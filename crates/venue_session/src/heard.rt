//! A read after the bytes that wait.

ghost use Rattle.std.specs.Prelude.{ℕ, ◌<◌, ◌^◌, List, Option, length};
ghost use Rattle.std.specs.Io.KnownBytes.{IsAtEnd};
ghost use Rattle.venue_ports.specs.Starts.{ReadStart};
ghost use Rattle.venue_hall.specs.Facts.{Facts};
ghost use Rattle.wire_frames.specs.Frames.{IsShort};
ghost use Rattle.venue_session.specs.Going.{Moment, moment, Awaits, IsGoing, HasEnded, HeardOrEnded};

use crate::ends::End;
use crate::input::Input;
use crate::laws::acts_more_law;
use venue_ports::Stream;

/// What a read comes to.
pub(crate) enum Heard {
    /// So many bytes came.
    More(usize),
    /// The session has ended.
    Ended(End),
}

// How the session ends where the input does, and these bytes wait.
fn end_of_input(waiting: &[u8]) -> End
    ensures { (keys : List (List ℕ)) (first : Moment) (facts : Facts) (left written : Option (List ℕ)) (starts : Option (List ReadStart)) (faults taken : ℕ)
        → IsGoing keys first (moment facts left written starts faults) taken waiting.now → IsShort waiting.now → IsAtEnd left
        → HasEnded keys first (moment facts left written starts faults) result }
{
    if waiting.is_empty() {
        End::Done
    } else {
        End::Cut(waiting.len() as u64)
    }
}

/// Reads behind the bytes that wait, which are less than a message.
pub(crate) fn read_on<L: Stream>(connection: &mut L, input: &mut Input) -> Heard
    requires { length input.old < 81920 }
    ensures { (keys : List (List ℕ)) (first : Moment) (facts : Facts) (taken least : ℕ)
        → IsGoing keys first (moment facts (L.left connection.old) (L.written connection.old) (L.starts connection.old) (L.faults connection.old)) taken input.old
        → Awaits input.old least → taken < 2 ^ 40
        → HeardOrEnded keys first (moment facts (L.left connection.new) (L.written connection.new) (L.starts connection.new) (L.faults connection.new)) taken
        input.new least result }
{
    acts_more_law();
    match input.read_more(connection) {
        Ok(0) => Heard::Ended(end_of_input(input.waiting())),
        Ok(count) => Heard::More(count),
        Err(_failed) => Heard::Ended(End::LinkFault),
    }
}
:::::
What is required:
Gather each line from the entries above that includes the word "Option".

Written response:
ghost use Rattle.std.specs.Prelude.{ℕ, ◌<◌, ◌^◌, List, Option, length};
    ensures { (keys : List (List ℕ)) (first : Moment) (facts : Facts) (left written : Option (List ℕ)) (starts : Option (List ReadStart)) (faults taken : ℕ)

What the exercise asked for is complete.